Romanın başlangıcındaki Albahari’nin sürgünü, bir romancının savaşın
tahribatından kaçışı ve bir Kanada üniversitesine varıp konuşlanmasıdır. Evini
terk kararı verişi, hemencecik ve açıklıkla görünür kılmıştır ki; yazar berbat
bir hata yapmıştır. Üstüne üstelik yeni bir yaşama başlamanın yıkıcı tuhaflığı
ve yer değiştirmenin üzüntüsüyle, akademik dünyanın entelektüel burnu
büyüklüğünden nefret edecektir. Profesörlerin her şeyi mutlak bir kesinlikle biliyor
olma halleri ve öğrencilerin de çabukça beyin yıkama geyrtkeşliği onu iyice izole
eder.

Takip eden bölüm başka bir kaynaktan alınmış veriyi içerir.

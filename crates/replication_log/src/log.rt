//! The log.

ghost use Rattle.std.specs.Prelude.{◌≡◌, ◌+◌, ◌-◌, ◌^◌, ◌<◌, ◌≤◌, length, true, OnOk, OnErr, IfOk};
ghost use Rattle.replication_log.specs.declared.event.Event.{Event};
ghost use Rattle.replication_log.specs.Logs.{empty_log, with_event, oldest_of, IsLog, can_follow};
ghost use Rattle.replication_log.specs.Several.{with_each};
ghost use Rattle.replication_log.specs.LogPages.{ReadsOn};

use crate::ring::{first_events, push_each, push_newest};
use crate::{Event, EventOp, LogFault};
use ddc_names::{NoMemory, RefSpot, Rows};
use std::alloc::Global;
use std::collections::VecDeque;
use std::marker::Model;

/// The last events of a namespace, with consecutive numbers. Contracts see how many are kept at most, the number of the
/// last one, and the events that the log has.
#[derive(Drop)]
pub struct EventLog {
    kept: u32,
    last: u64,
    events: VecDeque<Event>,
}

impl Model for EventLog {
    ghost use Rattle.replication_log.specs.Logs.{Log, coded_log, IsLog};

    ghost Value = { Log };

    ghost coded = { coded_log };

    ghost view = { λ log. record { kept = log.kept; last = log.last; events = log.events.items } };

    ghost invariant = { λ log. IsLog (record { kept = log.kept; last = log.last; events = log.events.items }) };
}

impl EventLog {
    /// A log of no events that keeps the last `kept` ones, and holds no memory yet.
    pub fn new(alloc: Global, kept: u32) -> EventLog
        requires { 1 ≤ kept }
        ensures { result ≡ empty_log kept }
    {
        EventLog {
            kept,
            last: 0,
            events: VecDeque::new(alloc),
        }
    }

    /// Adds an event with the next number, and gives that number. Where the log then has more events than it keeps, the
    /// oldest one goes.
    ///
    /// # Errors
    ///
    /// `NoMemory` where the log has fewer events than it keeps and can't grow. It is then as before.
    pub fn append(&mut self, spot: RefSpot, op: EventOp) -> Result<u64, NoMemory>
        requires { self.old.last < 2 ^ 64 - 1 }
        ensures number { IfOk result (λ number. number ≡ self.old.last + 1) }
        ensures ok { OnOk result (self.new ≡ with_event self.old (record { number = self.old.last + 1; spot = spot; op = op })) }
        ensures err { OnErr result (self.new ≡ self.old) }
        ensures only_while_it_grows { OnErr result (length self.old.events < self.old.kept) }
    {
        let number = self.last + 1;
        self.restore(Event { number, spot, op })?;
        Ok(number)
    }

    /// Adds an event with this op for each of these references, with the next numbers: all of them or none. Where the log
    /// then has more events than it keeps, the oldest ones go.
    ///
    /// # Errors
    ///
    /// `NoMemory` where the log has fewer events than it keeps and can't grow. It is then as before.
    pub fn append_all(&mut self, spots: &[RefSpot], op: EventOp) -> Result<(), NoMemory>
        requires { self.old.last + length spots.now < 2 ^ 64 }
        ensures ok { OnOk result (self.new ≡ with_each self.old op spots.now) }
        ensures err { OnErr result (self.new ≡ self.old) }
        ensures only_while_it_grows { OnErr result (length self.old.events < self.old.kept) }
    {
        let (kept, last) = (self.kept, self.last);
        push_each(&mut self.events, kept, last, spots, op)?;
        self.last = last + spots.len() as u64;
        Ok(())
    }

    /// Adds an event that was read back: any one to a log of no events, else the one with the next number.
    ///
    /// # Errors
    ///
    /// `NoMemory` where the log has fewer events than it keeps and can't grow. It is then as before.
    pub fn restore(&mut self, event: Event) -> Result<(), NoMemory>
        requires { can_follow self.old event.number ≡ true }
        ensures ok { OnOk result (self.new ≡ with_event self.old event) }
        ensures err { OnErr result (self.new ≡ self.old) }
        ensures only_while_it_grows { OnErr result (length self.old.events < self.old.kept) }
    {
        let (kept, number) = (self.kept, event.number);
        push_newest(&mut self.events, kept, event)?;
        self.last = number;
        Ok(())
    }

    /// Whether an event with this number can be added: any number from 1 on to a log of no events, else the next one.
    pub fn can_follow(&self, number: u64) -> bool
        ensures { result ≡ can_follow self.now number }
    {
        if self.events.is_empty() && 1 <= number {
            return true;
        }
        match self.last.checked_add(1) {
            Some(next) => number == next,
            None => false,
        }
    }

    /// The number of the last event, and 0 where the log never had one.
    pub fn last(&self) -> u64
        ensures number { result ≡ self.now.last }
        ensures law { IsLog self.now }
    {
        self.last
    }

    /// The number of the oldest event that the log has, and `last + 1` where it has none.
    pub fn oldest(&self) -> u64
        ensures number { result ≡ oldest_of self.now }
        ensures law { IsLog self.now }
    {
        match self.events.front() {
            Some(event) => event.number,
            None => self.last + 1,
        }
    }

    /// The first `count` events after the number `after`, for a reader that has read up to it.
    ///
    /// # Errors
    ///
    /// `Ahead` where `after` is greater than the last number, `Trimmed` where the event `after + 1` has gone, and else
    /// `NoMemory` where there is none for the events.
    pub fn incremental(
        &self,
        alloc: Global,
        after: u64,
        count: u32,
    ) -> Result<Rows<Event>, LogFault>
        ensures { ReadsOn self.now after count result }
    {
        let last = self.last;
        if after > last {
            return Err(LogFault::Ahead { last });
        }
        let oldest = self.oldest();
        if after < oldest - 1 {
            return Err(LogFault::Trimmed { oldest });
        }
        let start = (after - (oldest - 1)) as usize;
        match first_events(alloc, &self.events, start, count as usize) {
            Ok(page) => Ok(page),
            Err(NoMemory) => Err(LogFault::NoMemory),
        }
    }
}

Yabancılaşmanın yarattığı sürgünlük duygusu yıkıcı hale gelir. İşte bu
noktada tek rahatlatıcı şey portakla suyudur. Kopuştan önce memleketinde
yetiştirdiği portakallar, yaşamın kırılganlığını ve kaygıyı anımsatan basit
birer iksire dönüşür.
Paragraf arası vermeksizin yazması ve yavaş, kıvrılmacı tarzıyla Albahari, sık
sık da kendine dönüşleriyle metni zihin akışlarının ötesinde benzersiz bir üsluba
dönüştürüyor. Kitap, bir yandan okuyanı uyuşturmaya sevk ederken aynı zamanda
güzel, hüzünlü ve takıntılı olabiliyor.
Sürgünlüğün yabancılaşma duygusu büyüdükçe kiraladığı evde eski bir harita
kolleksiyonu bulan yazar böylece romanın merkezine tarih ve coğrafyanın
meditasyonunu koymaktadır. Tabii sınırlar savaşla başlamakta ve bitmektedir.
Bulduğu telafi edecek tek şey, kar gibi, yeniden yazılabilecek kadar sade,
beyaz ve güzel bir manzara olasılığıdır. Yapılacak şey de yeniden başlamak.